- [TASK DETAILS]:
Every line of the data that contains the string "ClaimFault" must be copied.

- [DATA]:
impl Desk {
    ghost use Rattle.board_desk.specs.Answers.{AdvanceAnswers, AwaitsSurface, ClaimAnswers, GatherAnswers, IsCurrent, IsMaskThere, IsOfSettle, IsUpToDate, KeepAllAnswers, KeepAnswers, MadeAnswers, MaskAnswers, NewestAnswers, OwnAdvance, OwnPublish, PublishAnswers, ShareAnswers, tells_end};
    ghost use Rattle.board_desk.specs.Passes.{Called, HasNotMoved, HaveAnalysts, IsAtSettle, IsPassOf, Merged, Stands, first_passes as passes_to, worker_pass as new_worker};
    ghost use Rattle.std.specs.Prelude.{◌≡◌, ◌≢◌, ◌||◌, [], All, Err, IfOk, None, OnOk, length, vec_len};
    ghost use Rattle.tile_board.specs.declared.answers.PublishFault.TheVariants.{NotSettle};
    ghost use Rattle.tile_board.specs.Boards.{IsBoard};
    ghost use Rattle.surface_snapshots.specs.Views.{parts_of};
    ghost use Rattle.tile_board.specs.Calls.{IsMadeSurface, WasGoodAt, WasMaskAt};
    ghost use Rattle.tile_board.specs.Surfaces.{IsNewestIn};

    /// The desk of a board whose history is empty, and the passes of the analysts, from analyst 1 on. It fails only for
    /// lack of memory.
    pub fn open(alloc: Global, board: Board) -> Result<(Desk, Vec<Pass>), AllocError>
        requires { board.entries ≡ [] }
        ensures session { IfOk result (λ made. made.0.session ≡ board.session) }
        ensures passes { IfOk result (λ made. made.1.items ≡ passes_to made.0 (vec_len board.session.scripts)) }
        ensures own { IfOk result (λ made. All (IsPassOf made.0) made.1.items) }
        ensures analysts { IfOk result (λ made. HaveAnalysts made.1.items) }
    {
        let analysts = board.session().scripts.len() as u32;
        let session = Snapshot::of(&**board.session());
        let mut slots = Vec::with_capacity(alloc, 1)?;
        slots.push(Some(board))?;
        let words = vec![in alloc; 0; WORDS]?;
        let Ok((table, mut giver)) = Table::new(alloc, &words, slots, &session) else {
            return Err(AllocError);
        };
        let passes = first_passes(alloc, &table.shared, &mut giver, analysts)?;
        Ok((Desk { table }, passes))
    }

    /// A worker's pass. It has seen as much as the pass `from`, which stays as it was.
    pub fn worker_pass<R: Wait>(&self, _rt: &R, from: &mut Pass) -> Pass
        requires { IsPassOf self.now from.old }
        ensures same { from.new ≡ from.old }
        ensures worker { result ≡ new_worker from.old }
    {
        let seat = self.table.shared.split_seat::<Copied>(&mut from.seat);
        Pass {
            seat,
            analyst: None,
            heard: Heard {
                front: from.heard.front,
                newest: from.heard.newest,
                done: 0,
            },
            ended: false,
        }
    }

    /// Takes a worker's pass back. The pass `into` has then seen the longer of both histories.
    pub fn give_back<R: Wait>(&self, _rt: &R, into: &mut Pass, worker: Pass)
        requires into { IsPassOf self.now into.old }
        requires worker { IsPassOf self.now worker }
        requires unnamed { worker.analyst ≡ None }
        ensures { Merged into.old worker into.new }
    {
        let Pass { seat, heard, .. } = worker;
        take_in(&self.table.shared, &mut into.seat, seat);
        if into.heard.front < heard.front {
            into.heard.front = heard.front;
            into.heard.newest = heard.newest;
        }
    }

    /// Asks for a tile to solve, as `Board::claim` gives it.
    pub fn claim<R: Wait>(
        &self,
        rt: &R,
        alloc: Global,
        pass: &mut Pass,
    ) -> Stamped<Result<Ticket, ClaimFault>>
        requires { IsPassOf self.now pass.old }
        ensures call { Called self.now.session pass.old pass.new (ClaimAnswers result.answer) }
        ensures own { HasNotMoved pass.old pass.new }
        ensures front { result.front ≡ length pass.new.seen }
    {
        let mut board = take_board(rt, &self.table.shared, &mut pass.seat);
        let answer = board.claim(alloc);
        pass.heard = Heard::of(&board, pass.analyst);
        give_board(&self.table.shared, &mut pass.seat, board);
        Stamped {
            front: pass.heard.front,
            answer,
        }
    }

    /// Asks for several tiles to solve, as `Board::claim_share` gives them.
    pub fn claim_share<R: Wait>(
        &self,
        rt: &R,
        alloc: Global,
        pass: &mut Pass,
        parts: u32,
        most: u32,
    ) -> Stamped<Result<Vec<Ticket>, ClaimFault>>
        requires { IsPassOf self.now pass.old }
        ensures call { Called self.now.session pass.old pass.new (ShareAnswers parts most result.answer) }
        ensures own { HasNotMoved pass.old pass.new }
        ensures front { result.front ≡ length pass.new.seen }
    {
        let mut board = take_board(rt, &self.table.shared, &mut pass.seat);
        let answer = board.claim_share(alloc, parts, most);
        pass.heard = Heard::of(&board, pass.analyst);
        give_board(&self.table.shared, &mut pass.seat, board);
        Stamped {
            front: pass.heard.front,
            answer,
        }
    }

    /// Hands in a tile's result, to be kept as by `Board::keep`.
    pub fn keep<R: Wait>(
        &self,
        rt: &R,
        alloc: Global,
        pass: &mut Pass,
        solved: TileResult,
    ) -> Stamped<Result<(), KeepFault>>
        requires { IsPassOf self.now pass.old }
        ensures call { Called self.now.session pass.old pass.new (KeepAnswers solved result.answer) }
        ensures own { HasNotMoved pass.old pass.new }
        ensures front { result.front ≡ length pass.new.seen }
    {
        let mut board = take_board(rt, &self.table.shared, &mut pass.seat);
        let answer = board.keep(alloc, solved);
        pass.heard = Heard::of(&board, pass.analyst);
        give_board(&self.table.shared, &mut pass.seat, board);
        Stamped {
            front: pass.heard.front,
            answer,
        }
    }

    /// Hands in a tile's result that was good at the end of what the pass has seen, to be kept as by
    /// `Board::keep_solved`. It is not checked again.
    pub fn keep_solved<R: Wait>(
        &self,
        rt: &R,
        alloc: Global,
        pass: &mut Pass,
        solved: TileResult,
    ) -> Stamped<Result<(), KeepFault>>
        requires pass { IsPassOf self.now pass.old }
        requires good { WasGoodAt self.now.session pass.old.seen solved }
        ensures call { Called self.now.session pass.old pass.new (KeepAnswers solved result.answer) }
        ensures own { HasNotMoved pass.old pass.new }
        ensures front { result.front ≡ length pass.new.seen }
    {
        let mut board = take_board(rt, &self.table.shared, &mut pass.seat);
        let answer = board.keep_solved(alloc, solved);
        pass.heard = Heard::of(&board, pass.analyst);
        give_board(&self.table.shared, &mut pass.seat, board);
        Stamped {
            front: pass.heard.front,
            answer,
        }
    }

    /// Hands in several results that were good at the end of what the pass has seen, to be kept one after another as by
    /// `Board::keep_solved`, while nobody else has the board. A result that is refused does not stop the others. It fails
    /// exactly if memory was lacking for one of them.
    pub fn keep_all<R: Wait>(
        &self,
        rt: &R,
        alloc: Global,
        pass: &mut Pass,
        solved: Vec<TileResult>,
    ) -> Stamped<Result<(), AllocError>>
        requires pass { IsPassOf self.now pass.old }
        requires good { All (WasGoodAt self.now.session pass.old.seen) solved.items }
        ensures call { Called self.now.session pass.old pass.new (KeepAllAnswers solved.items result.answer) }
        ensures own { HasNotMoved pass.old pass.new }
        ensures front { result.front ≡ length pass.new.seen }
    {
        let mut board = take_board(rt, &self.table.shared, &mut pass.seat);
        let answer = keep_each(alloc, &mut board, solved);
        pass.heard = Heard::of(&board, pass.analyst);
        give_board(&self.table.shared, &mut pass.seat, board);
        Stamped {
            front: pass.heard.front,
            answer,
        }
    }

    /// Asks for the present revision's mask and results, as `Board::gather` gives them.
    pub fn gather<R: Wait>(
        &self,
        rt: &R,
        alloc: Global,
        pass: &mut Pass,
    ) -> Stamped<Result<Gathered, GatherFault>>
        requires { IsPassOf self.now pass.old }
        ensures call { Called self.now.session pass.old pass.new (GatherAnswers result.answer) }
        ensures own { HasNotMoved pass.old pass.new }
        ensures front { result.front ≡ length pass.new.seen }
    {
        let board = take_board(rt, &self.table.shared, &mut pass.seat);
        let answer = board.gather(alloc);
        pass.heard = Heard::of(&board, pass.analyst);
        give_board(&self.table.shared, &mut pass.seat, board);
        Stamped {
            front: pass.heard.front,
            answer,
        }
    }

    /// Asks for a copy of the present revision's mask, as `Board::present_mask` gives it.
    pub fn present_mask<R: Wait>(
        &self,
        rt: &R,
        alloc: Global,
        pass: &mut Pass,
    ) -> Stamped<Result<PresentMask, AllocError>>
        requires { IsPassOf self.now pass.old }
        ensures call { Called self.now.session pass.old pass.new (MaskAnswers result.answer) }
        ensures there { IfOk result.answer (IsMaskThere self.now.session pass.new.seen) }
        ensures own { HasNotMoved pass.old pass.new }
        ensures front { result.front ≡ length pass.new.seen }
    {
        let board = take_board(rt, &self.table.shared, &mut pass.seat);
        let answer = board.present_mask(alloc);
        pass.heard = Heard::of(&board, pass.analyst);
        give_board(&self.table.shared, &mut pass.seat, board);
        Stamped {
            front: pass.heard.front,
            answer,
        }
    }

    /// Asks for the last published surface, as `Board::newest_surface` gives it: None exactly if nothing is published. Its
    /// revision may be older than the present one.
    pub fn newest<R: Wait>(
        &self,
        rt: &R,
        pass: &mut Pass,
    ) -> Stamped<Result<Option<Surface>, AllocError>>
        requires { IsPassOf self.now pass.old }
        ensures call { Called self.now.session pass.old pass.new (NewestAnswers result.answer) }
        ensures newest { IfOk result.answer (IsNewestIn self.now.session pass.new.seen) }
        ensures own { HasNotMoved pass.old pass.new }
        ensures front { result.front ≡ length pass.new.seen }
    {
        let board = take_board(rt, &self.table.shared, &mut pass.seat);
        let answer = board.newest_surface();
        pass.heard = Heard::of(&board, pass.analyst);
        give_board(&self.table.shared, &mut pass.seat, board);
        Stamped {
            front: pass.heard.front,
            answer,
        }
    }

    /// Publishes a surface for the pass's analyst, as `Board::publish` does.
    pub fn publish<R: Wait>(
        &self,
        rt: &R,
        alloc: Global,
        pass: &mut Pass,
        seams: SeamResult,
    ) -> Stamped<Result<(), PublishFault>>
        requires pass { IsPassOf self.now pass.old }
        requires analyst { pass.old.analyst ≢ None }
        ensures call { Called self.now.session pass.old pass.new (PublishAnswers pass.old.analyst seams result.answer) }
        ensures own { OwnPublish pass.old pass.new seams.revision result.answer }
        ensures fresh { OnOk result.answer (IsCurrent pass.old pass.new seams.revision) }
        ensures settles { IsAtSettle self.now.session pass.old → result.answer ≢ Err NotSettle }
        ensures ended { pass.new.ended ≡ pass.old.ended }
        ensures front { result.front ≡ length pass.new.seen }
    {
        let analyst = number(pass);
        let mut board = take_board(rt, &self.table.shared, &mut pass.seat);
        let answer = board.publish(alloc, analyst, seams);
        pass.heard = Heard::of(&board, pass.analyst);
        give_board(&self.table.shared, &mut pass.seat, board);
        Stamped {
            front: pass.heard.front,
            answer,
        }
    }

    /// Publishes a surface for the pass's analyst, as `Board::publish_made` does: one that was made of the desk's session,
    /// over the mask at the end of what the pass has seen. It was made before, so the lock is held for a moment only.
    pub fn publish_made<R: Wait>(
        &self,
        rt: &R,
        pass: &mut Pass,
        surface: Surface,
    ) -> Stamped<Result<(), PublishFault>>
        requires pass { IsPassOf self.now pass.old }
        requires analyst { pass.old.analyst ≢ None }
        requires made { IsMadeSurface self.now.session (parts_of surface) }
        requires mask { WasMaskAt self.now.session pass.old.seen (parts_of surface).mask (parts_of surface).seams.revision }
        ensures call { Called self.now.session pass.old pass.new (MadeAnswers pass.old.analyst (parts_of surface) result.answer) }
        ensures own { OwnPublish pass.old pass.new (parts_of surface).seams.revision result.answer }
        ensures fresh { OnOk result.answer (IsCurrent pass.old pass.new (parts_of surface).seams.revision) }
        ensures settles { IsAtSettle self.now.session pass.old → result.answer ≢ Err NotSettle }
        ensures ended { pass.new.ended ≡ pass.old.ended }
        ensures front { result.front ≡ length pass.new.seen }
    {
        let analyst = number(pass);
        let mut board = take_board(rt, &self.table.shared, &mut pass.seat);
        let answer = board.publish_made(analyst, surface);
        pass.heard = Heard::of(&board, pass.analyst);
        give_board(&self.table.shared, &mut pass.seat, board);
        Stamped {
            front: pass.heard.front,
            answer,
        }
    }

    /// Does the next command of the pass's analyst, as `Board::advance` does.
    pub fn advance<R: Wait>(
        &self,
        rt: &R,
        alloc: Global,
        pass: &mut Pass,
    ) -> Stamped<Result<Advance, AdvanceFault>>
        requires pass { IsPassOf self.now pass.old }
        requires analyst { pass.old.analyst ≢ None }
        ensures call { Called self.now.session pass.old pass.new (AdvanceAnswers pass.old.analyst result.answer) }
        ensures own { OwnAdvance pass.old pass.new result.answer }
        ensures ended { pass.new.ended ≡ pass.old.ended || tells_end result.answer }
        ensures fresh { IsUpToDate pass.old pass.new result.answer }
        ensures waits { AwaitsSurface self.now.session pass.new result.answer }
        ensures settles { IsAtSettle self.now.session pass.old → IsOfSettle result.answer }
        ensures front { result.front ≡ length pass.new.seen }
    {
        let analyst = number(pass);
        let mut board = take_board(rt, &self.table.shared, &mut pass.seat);
        let answer = board.advance(alloc, analyst);
        pass.heard = Heard::of(&board, pass.analyst);
        give_board(&self.table.shared, &mut pass.seat, board);
        pass.ended = has_ended(pass.ended, &answer);
        Stamped {
            front: pass.heard.front,
            answer,
        }
    }

    /// Closes the desk and gives the board out. The passes are used up.
    pub fn close<R: Wait>(self, rt: &R, mut passes: Vec<Pass>) -> Board
        requires { All (IsPassOf self) passes.items }
        ensures board { IsBoard result }
        ensures session { result.session ≡ self.session }
        ensures stands { All (Stands result.entries) passes.items }
    {
        let Desk { table } = self;
        let (_, mut seat) = table.shared.load_new_seat::<Sit>(0);
        let home = take_board(rt, &table.shared, &mut seat);
        while let Some(pass) = passes.pop() {
            meet(&table.shared, &mut seat, pass);
        }
        home
    }
}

- [ANSWER BOX]:
    ) -> Stamped<Result<Ticket, ClaimFault>>
    ) -> Stamped<Result<Vec<Ticket>, ClaimFault>>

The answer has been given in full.